Charna Albert
June 2023—For Lyme disease testing, immunoblots became optional in 2019 when the FDA cleared enzyme immunoassays for use as part of a modified two-tiered testing algorithm. “It was a historic event in the world of Lyme diagnostics,” says Elitza Theel, PhD, D(ABMM), director of the infectious diseases serology laboratory and co-director of the vector-borne pathogens service line at Mayo Clinic.
But the standard two-tiered testing algorithm with its immunoblots hangs on.
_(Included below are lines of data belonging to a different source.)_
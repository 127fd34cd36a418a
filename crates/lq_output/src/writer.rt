ghost use Rattle.std.specs.Prelude.{◌≡◌, ◌+◌, ◌<◌, ◌≤◌, [], ◌∷◌, ◌++◌, length, map, take};
ghost use Rattle.std.specs.Prelude.{drop, true, false};
ghost use Rattle.std.specs.Prelude.{IfErr, IfOk, OnOk, OnErr, IsOkUnless};
ghost use Rattle.lq_schema.specs.Value.{Number, Words, meaning_of};
ghost use Rattle.lq_output.specs.Body.{body_limit, marks_of};
ghost use Rattle.lq_output.specs.Cells.{plain_line};
ghost use Rattle.lq_output.specs.CellValue.{value_of_cell};
ghost use Rattle.lq_output.specs.Escapes.{is_as_it_is};
ghost use Rattle.lq_output.specs.Spots.{ended_length, text_at};
ghost use Rattle.lq_output.specs.Writing.{AddsCell, AddsLines, EndsLine, HasNoRoom, OfFirst};
ghost use Rattle.lq_output.specs.Writing.{IsTextOfLines, IsTooLargeWith, IsWithinLimit, TakesLines};
ghost use Rattle.lq_output.specs.Writing.{Writes, nothing_written, whole_body, with_cell};
ghost use Rattle.lq_output.specs.Writing.{with_line_end};

use crate::cell::{Cell, is_as_it_is, push_as_it_is, push_cell};
use crate::error::WriteErr;
use crate::layout::{Layout, Spot};
use crate::lines::{FEWEST, LineTexts, push_plain_lines};
use crate::marks::{ending_len, push_finish, push_gap, push_line_end, push_start};
use crate::number::push_number;
use lq_records::{Format, Items, Memory, Separators};
use lq_schema::Val;
use std::alloc::Global;
use std::marker::Model;

/// The most bytes that a body may have.
pub const BODY_LIMIT: usize = 8_388_608;

/// Writes a body cell by cell. After an error it is as it was before the call.
///
/// It never has more than `BODY_LIMIT` bytes, those counted that would end the open line and the
/// body. Contracts see it as what was written, and `Writes` says which lines and cells that is.
#[derive(Drop)]
pub struct Writer {
    layout: Layout,
    /// The bytes so far.
    body: Vec<u8>,
    /// Whether a line was ended.
    has_line: bool,
    /// Whether the open line has a cell.
    has_cell: bool,
    /// Where a cell is written first that doesn't go straight to the body.
    cell: Vec<u8>,
}

impl Model for Writer {
    ghost use Rattle.std.specs.Prelude.{◌≤◌, length};
    ghost use Rattle.lq_output.specs.Body.{body_limit};
    ghost use Rattle.lq_output.specs.Writing.{Writing, whole_body};

    ghost Value = { Writing };

    ghost view = { λ w. record {
      layout = w.layout;
      body = w.body.items;
      has_line = w.has_line;
      has_cell = w.has_cell;
    } };

    ghost invariant = { λ w. length (whole_body (record {
      layout = w.layout;
      body = w.body.items;
      has_line = w.has_line;
      has_cell = w.has_cell;
    }))
        ≤ body_limit };
}

impl Writer {
    /// A writer that has no line yet. The only error is out of memory.
    pub fn new(alloc: Global, format: Format, separators: Separators) -> Result<Writer, Memory>
        ensures ok { IfOk result (λ writer. writer
            ≡ nothing_written (record { format = format; separators = separators })) }
        ensures lines { IfOk result (λ writer. Writes writer [] []) }
    {
        let layout = Layout { format, separators };
        let mut body = Vec::new(alloc);
        push_start(&mut body, layout)?;
        Ok(Writer {
            layout,
            body,
            has_line: false,
            has_cell: false,
            cell: Vec::new(alloc),
        })
    }

    /// Adds a cell to the open line. `TooLarge` where the body, with the open line ended after the
    /// cell, would have more than `BODY_LIMIT` bytes; else the only error is `Memory`.
    pub fn cell(&mut self, value: &Val<'_>) -> Result<(), WriteErr>
        ensures ok { OnOk result (self.new ≡ with_cell self.old (meaning_of value.now)) }
        ensures lines { OnOk result (AddsCell self.old self.new (meaning_of value.now)) }
        ensures fits { OnOk result (IsWithinLimit self.new) }
        ensures large { result ≡ Err WriteErr.TooLarge
            → IsTooLargeWith self.old (meaning_of value.now) }
        ensures err { OnErr result (self.new ≡ self.old) }
    {
        self.add(Cell::Value(value))
    }

    /// Adds a number to the open line, as `cell` does with `Val::Int`.
    #[inline(always)]
    pub fn number(&mut self, number: i128) -> Result<(), WriteErr>
        ensures ok { OnOk result (self.new ≡ with_cell self.old (Number number)) }
        ensures lines { OnOk result (AddsCell self.old self.new (Number number)) }
        ensures fits { OnOk result (IsWithinLimit self.new) }
        ensures large { result ≡ Err WriteErr.TooLarge
            → IsTooLargeWith self.old (Number number) }
        ensures err { OnErr result (self.new ≡ self.old) }
    {
        self.add(Cell::Number(number))
    }

    /// Adds a text to the open line, as `cell` does with `Val::Str`.
    #[inline(always)]
    pub fn text(&mut self, text: &str) -> Result<(), WriteErr>
        ensures ok { OnOk result (self.new ≡ with_cell self.old (Words text.now)) }
        ensures lines { OnOk result (AddsCell self.old self.new (Words text.now)) }
        ensures fits { OnOk result (IsWithinLimit self.new) }
        ensures large { result ≡ Err WriteErr.TooLarge
            → IsTooLargeWith self.old (Words text.now) }
        ensures err { OnErr result (self.new ≡ self.old) }
    {
        self.add(Cell::Text(text))
    }

    /// What `append` does, said of the lines and cells that are written.
    #[inline(always)]
    fn add(&mut self, cell: Cell<'_>) -> Result<(), WriteErr>
        ensures ok { OnOk result (self.new ≡ with_cell self.old (value_of_cell cell.entry)) }
        ensures lines { OnOk result (AddsCell self.old self.new (value_of_cell cell.entry)) }
        ensures fits { OnOk result (IsWithinLimit self.new) }
        ensures large { result ≡ Err WriteErr.TooLarge
            → IsTooLargeWith self.old (value_of_cell cell.entry) }
        ensures err { OnErr result (self.new ≡ self.old) }
    {
        self.append(cell)
    }

    /// Adds a cell to the open line. A number, and a text that is written as it is, go straight to
    /// the body; any other cell is written apart first.
    #[inline(always)]
    fn append(&mut self, cell: Cell<'_>) -> Result<(), WriteErr>
        ensures ok { OnOk result (self.new ≡ with_cell self.old (value_of_cell cell.entry)) }
        ensures fits { OnOk result (length (whole_body self.new) ≤ body_limit) }
        ensures large { result ≡ Err WriteErr.TooLarge
            → body_limit < length (whole_body (with_cell self.old (value_of_cell cell.entry))) }
        ensures err { OnErr result (self.new ≡ self.old) }
    {
        match cell {
            Cell::Number(number) => {
                let spot = self.spot();
                push_number_at(&mut self.body, spot, number)?;
            }
            Cell::Text(text) if is_as_it_is(self.layout.format, text) => {
                let spot = self.spot();
                push_text_at(&mut self.body, spot, text)?;
            }
            Cell::Text(_) | Cell::Value(_) => {
                let spot = self.spot();
                push_apart(&mut self.body, &mut self.cell, spot, cell)?;
            }
        }
        self.has_cell = true;
        Ok(())
    }

    /// Where the next cell comes.
    #[inline]
    fn spot(&self) -> Spot
        ensures layout { result.layout ≡ self.now.layout }
        ensures has_line { result.has_line ≡ self.now.has_line }
        ensures has_cell { result.has_cell ≡ self.now.has_cell }
    {
        Spot {
            layout: self.layout,
            has_line: self.has_line,
            has_cell: self.has_cell,
        }
    }

    /// Ends the open line, which has a cell. The only error is `Memory`: the bytes that end it were
    /// counted with its cells.
    #[inline(always)]
    pub fn end_line(&mut self) -> Result<(), WriteErr>
        requires { self.old.has_cell ≡ true }
        ensures ok { OnOk result (self.new ≡ with_line_end self.old) }
        ensures lines { OnOk result (EndsLine self.old self.new) }
        ensures fits { OnOk result (IsWithinLimit self.new) }
        ensures memory { IsOkUnless result WriteErr.Memory }
        ensures err { OnErr result (self.new ≡ self.old) }
    {
        push_line_end(&mut self.body, self.layout)?;
        self.has_line = true;
        self.has_cell = false;
        Ok(())
    }

    /// Adds the lines of the first rows, each of which is the text that the row gives, and says how
    /// many they are. It stops at the first row that gives no text, and at a line that has more
    /// than 4,096 bytes or for which the body has no room. It adds none where there are fewer than
    /// 16 rows, the format isn't csv, or a line is open. The only error is `Memory`.
    #[inline(always)]
    pub fn text_lines<T: LineTexts>(
        &mut self,
        texts: &T,
        rows: &[T::Row],
    ) -> Result<usize, WriteErr>
        ensures within { IfOk result (λ count. count ≤ length rows.now) }
        ensures layout { self.new.layout ≡ self.old.layout }
        ensures lines { IfOk result (λ count. AddsLines self.old self.new
            (map (λ row. T.cell texts.now row ∷ []) (take count rows.now))) }
        ensures stop { TakesLines self.old → 16 ≤ length rows.now → IfOk result (λ count.
            OfFirst (drop count rows.now) (λ row. T.gives texts.now row
            → HasNoRoom (length self.new.body)
            (plain_line self.old.layout.separators (T.cell texts.now row)))) }
        ensures memory { IsOkUnless result WriteErr.Memory }
        ensures err { OnErr result (self.new ≡ self.old) }
    {
        if self.has_cell || rows.len() < FEWEST {
            return Ok(0);
        }
        match self.layout.format {
            Format::Csv => {
                let separators = self.layout.separators;
                let count = push_plain_lines(&mut self.body, separators, texts, rows)?;
                self.has_line |= count > 0;
                Ok(count)
            }
            Format::Quoted | Format::Json => Ok(0),
        }
    }

    /// The whole body, of `BODY_LIMIT` bytes at most. The open line has no cell. The only error is
    /// `Memory`: the bytes that end the body were counted from the beginning.
    pub fn finish(self) -> Result<Items<u8>, WriteErr>
        requires { self.has_cell ≡ false }
        ensures ok { IfOk result (λ body. body ≡ whole_body self) }
        ensures lines { IfOk result (IsTextOfLines self) }
        ensures fits { IfOk result (λ body. length body ≤ body_limit) }
        ensures memory { IsOkUnless result WriteErr.Memory }
    {
        let layout = self.layout;
        let mut body = self.body;
        push_finish(&mut body, layout)?;
        Ok(Items::from_vec(body))
    }
}

/// Adds a number to a body that has room for it and for the bytes that end the body after it.
/// After an error the body is as it was.
#[inline(always)]
fn push_number_at(body: &mut Vec<u8>, spot: Spot, number: i128) -> Result<(), WriteErr>
    requires { length body.old.items ≤ body_limit }
    ensures ok { OnOk result (body.new.items ≡ body.old.items ++ text_at spot (Number number)) }
    ensures fits { OnOk result
        (ended_length spot body.old.items (Number number) ≤ body_limit) }
    ensures large { result ≡ Err WriteErr.TooLarge
        → body_limit < ended_length spot body.old.items (Number number) }
    ensures err { OnErr result (body.new.items ≡ body.old.items) }
{
    let start = body.len();
    push_gap(body, spot)?;
    if push_number(body, number).is_err() {
        body.truncate(start);
        return Err(WriteErr::Memory);
    }
    keep_fitting(body, start, spot.layout)
}

/// The same for a text that is written as it is.
#[inline(always)]
fn push_text_at(body: &mut Vec<u8>, spot: Spot, text: &str) -> Result<(), WriteErr>
    requires within { length body.old.items ≤ body_limit }
    requires as_it_is { is_as_it_is spot.layout.format text.now ≡ true }
    ensures ok { OnOk result (body.new.items ≡ body.old.items ++ text_at spot (Words text.now)) }
    ensures fits { OnOk result
        (ended_length spot body.old.items (Words text.now) ≤ body_limit) }
    ensures large { result ≡ Err WriteErr.TooLarge
        → body_limit < ended_length spot body.old.items (Words text.now) }
    ensures err { OnErr result (body.new.items ≡ body.old.items) }
{
    let start = body.len();
    push_gap(body, spot)?;
    if push_as_it_is(body, spot.layout, text).is_err() {
        body.truncate(start);
        return Err(WriteErr::Memory);
    }
    keep_fitting(body, start, spot.layout)
}

/// The same for any cell, which is written apart first: where memory runs out, a part of it may
/// stand there, and none in the body.
#[inline(never)]
fn push_apart(
    body: &mut Vec<u8>,
    apart: &mut Vec<u8>,
    spot: Spot,
    cell: Cell<'_>,
) -> Result<(), WriteErr>
    requires { length body.old.items ≤ body_limit }
    ensures ok { OnOk result
        (body.new.items ≡ body.old.items ++ text_at spot (value_of_cell cell.entry)) }
    ensures fits { OnOk result
        (ended_length spot body.old.items (value_of_cell cell.entry) ≤ body_limit) }
    ensures large { result ≡ Err WriteErr.TooLarge
        → body_limit < ended_length spot body.old.items (value_of_cell cell.entry) }
    ensures err { OnErr result (body.new.items ≡ body.old.items) }
{
    apart.clear();
    push_gap(apart, spot)?;
    push_cell(apart, spot.layout, cell)?;
    let start = body.len();
    body.extend_from_slice(apart)?;
    keep_fitting(body, start, spot.layout)
}

/// Takes what was added to a body after a place away again, where the body has no room for it and
/// for the bytes that end the body after it.
#[inline]
fn keep_fitting(body: &mut Vec<u8>, start: usize, layout: Layout) -> Result<(), WriteErr>
    requires { start ≤ length body.old.items }
    ensures ok { OnOk result (body.new.items ≡ body.old.items) }
    ensures fits { OnOk result (length body.old.items
        + (length (marks_of layout).line_end + length (marks_of layout).finish) ≤ body_limit) }
    ensures large { IfErr result (λ error. error ≡ WriteErr.TooLarge) }
    ensures full { OnErr result (body_limit < length body.old.items
        + (length (marks_of layout).line_end + length (marks_of layout).finish)) }
    ensures err { OnErr result (body.new.items ≡ take start body.old.items) }
{
    if body.len() > BODY_LIMIT - ending_len(layout) {
        body.truncate(start);
        return Err(WriteErr::TooLarge);
    }
    Ok(())
}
Dr. Theel, a member of the CAP Microbiology Committee, which monitors, through the CAP Tick-Transmitted Diseases Survey, how many labs have made the switch to the modified algorithm since the FDA’s approval of multiple ELISAs for use in confirmatory testing, says the number is smaller than expected.
“I suspect it has to do with a number of things: the SARS-CoV-2 pandemic and then mpox, and all the challenges we are experiencing with a limited workforce. In microbiology, like other areas, we continue to experience a shortage of technologists. So you prioritize things that have to get done with the resources you have, and I’m assuming that transitioning to the modified Lyme algorithm is not a priority with everything else going on.”
“So there have been constant pressures and stressors on laboratories over the past few years,” she continues. “And many laboratories rely on reference labs to do their immunoblots rather than run them themselves, and the reference labs continue to offer Lyme blot testing, so if it’s not broken, why fix it?”
A limited understanding of the modified algorithm’s advantages may play a part too.
But immunoblots are immunoblots. Nobody really wants to do them, she says. “They’re clunky.” Although most labs have transitioned to using automated processors to perform blot testing, “those instruments are typically dedicated to just Lyme blots; they take up precious space and require maintenance,” Dr. Theel says. “And even though we now have optical densitometry readers to help us interpret blot results, some can still be difficult to finalize, despite those readers. So they’re still challenging.”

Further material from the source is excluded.